Непонимание, которым была встречена новаторская концепция Эйхенбаума, во многом объяснялась тем, что терминологическая омонимия не сработала как проблема. Даже Тынянов однозначно истолковывал быт как внесистемное, рудиментарное явление, имея в виду узуальное значение слова и употребляя его так же, как создатели «Ассоциации по изучению современного революционного быта», Маяковский в поэме «Про это» и Бабель в «Конармии». Быт сводится к вещественной интимности, царящей в пространстве дома, его уютном бессознательном[152]. В критической статье «О поколении, растратившем своих поэтов» (1930) Роман Якобсон первым указал на то, что советский поэт разбивается о быт, подобно любовной лодке из его предсмертного стихотворения. Быт – изгой официального дискурса, самим фактом своего наличия требующий преодоления, но не имеющий альтернативы. «Новый» быт быстро обнаруживает свою утопичность и превращается в травму осознанного лицемерия, коммунистического по форме и буржуазного по содержанию. По замечанию позднейшего исследователя, «вследствие парадоксальной инверсии понятий, механизм которой впервые начали выяснять именно русские формалисты, быт из профанной сферы попал в негативно сакральную – стал восприниматься как субстанция Иного по отношению к заложенным в стране основам нового строя» [Зенкин, 2004, с. 808]. Упомянутая «инверсия понятий», связанная с дефицитом квалификации культурных агентов и усиливающейся тенденции вытеснять знание чисто идеологическими манипуляциями – это и есть причина, по которой Эйхенбаум спешит с ревизией своего теоретического инструментария. Спешит для себя и готовится к худшему – к 1928 г. он уже уволился из ЛГУ где его планомерно понижали в должности с 1925 г.
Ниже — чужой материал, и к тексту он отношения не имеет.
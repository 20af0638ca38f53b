//! The theorem of this crate is `law_held_changes`: what a place of a tree holds changes only by a valid write, and by
//! a DSB, to nothing.
//!
//! Laws of histories: what is known of every log that keeps the rules, over the definitions alone.
#![tactic(auto)]

mod below;
pub mod claim_steps;
pub mod locks;
pub mod patterns;
pub mod phases;
pub mod steps;
pub mod tags;
pub mod tree_steps;
pub mod trees;
pub mod value_steps;
pub mod values;
pub mod versions;

pub use claim_steps::{law_claim_steps, law_tag_claim_steps};
pub use locks::law_lock_order;
pub use patterns::{law_patterns_begin, law_patterns_stay, law_uniform};
pub use phases::law_phase_parts;
pub use steps::{law_held_step, law_pattern_steps, law_tag_steps};
pub use tags::{law_bases, law_tags};
pub use tree_steps::{law_childless_step, law_limbo_step, law_node_step};
pub use trees::{
    law_attached_tables, law_emptied_at_once, law_frozen_view, law_held_changes,
    law_limbo_is_empty, law_lower_leaves, law_mapped_step, law_one_node, law_one_position,
    law_proper, law_tables_are_clean, law_tree_step,
};
pub use value_steps::{law_fresh_step, law_readable_step, law_root_step};
pub use values::{law_fresh_content, law_frozen, law_window};
pub use versions::law_version;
Книга о литературном быте, черновиком («брульоном») которой Эйхенбаум прямо назвал заметку «Литература и писатель», так и не была доведена до конца. Втягиваясь в работу над «литературно-бытовой» биографией Толстого, ученый сознавал, что риторические тревоги, которыми он начинал свою ревизию формального метода, все больше становятся фактом не литературного, но обыденного существования, и «формализм» превращается в ругательное слово независимо от того, развивается он в ногу со временем или нет. Идеи ненаписанной работы рассеялись по новой книге «Лев Толстой. Кн. 1. 50-е годы» (1928), которую легко можно было счесть консервативным историко-литературным демаршем. Между тем в предисловии к ней Эйхенбаум уточнял: «литературный быт» частично привел меня к изучению биографического материала, но под знаком не «жизни» вообще («жизнь и творчество»), а исторической судьбы, исторического поведения. Таким образом, биографический «уклон» явился как борьба с беспринципным и безразличным биографизмом, не разрешающим исторических проблем» [Эйхенбаум, 2009, с. 148].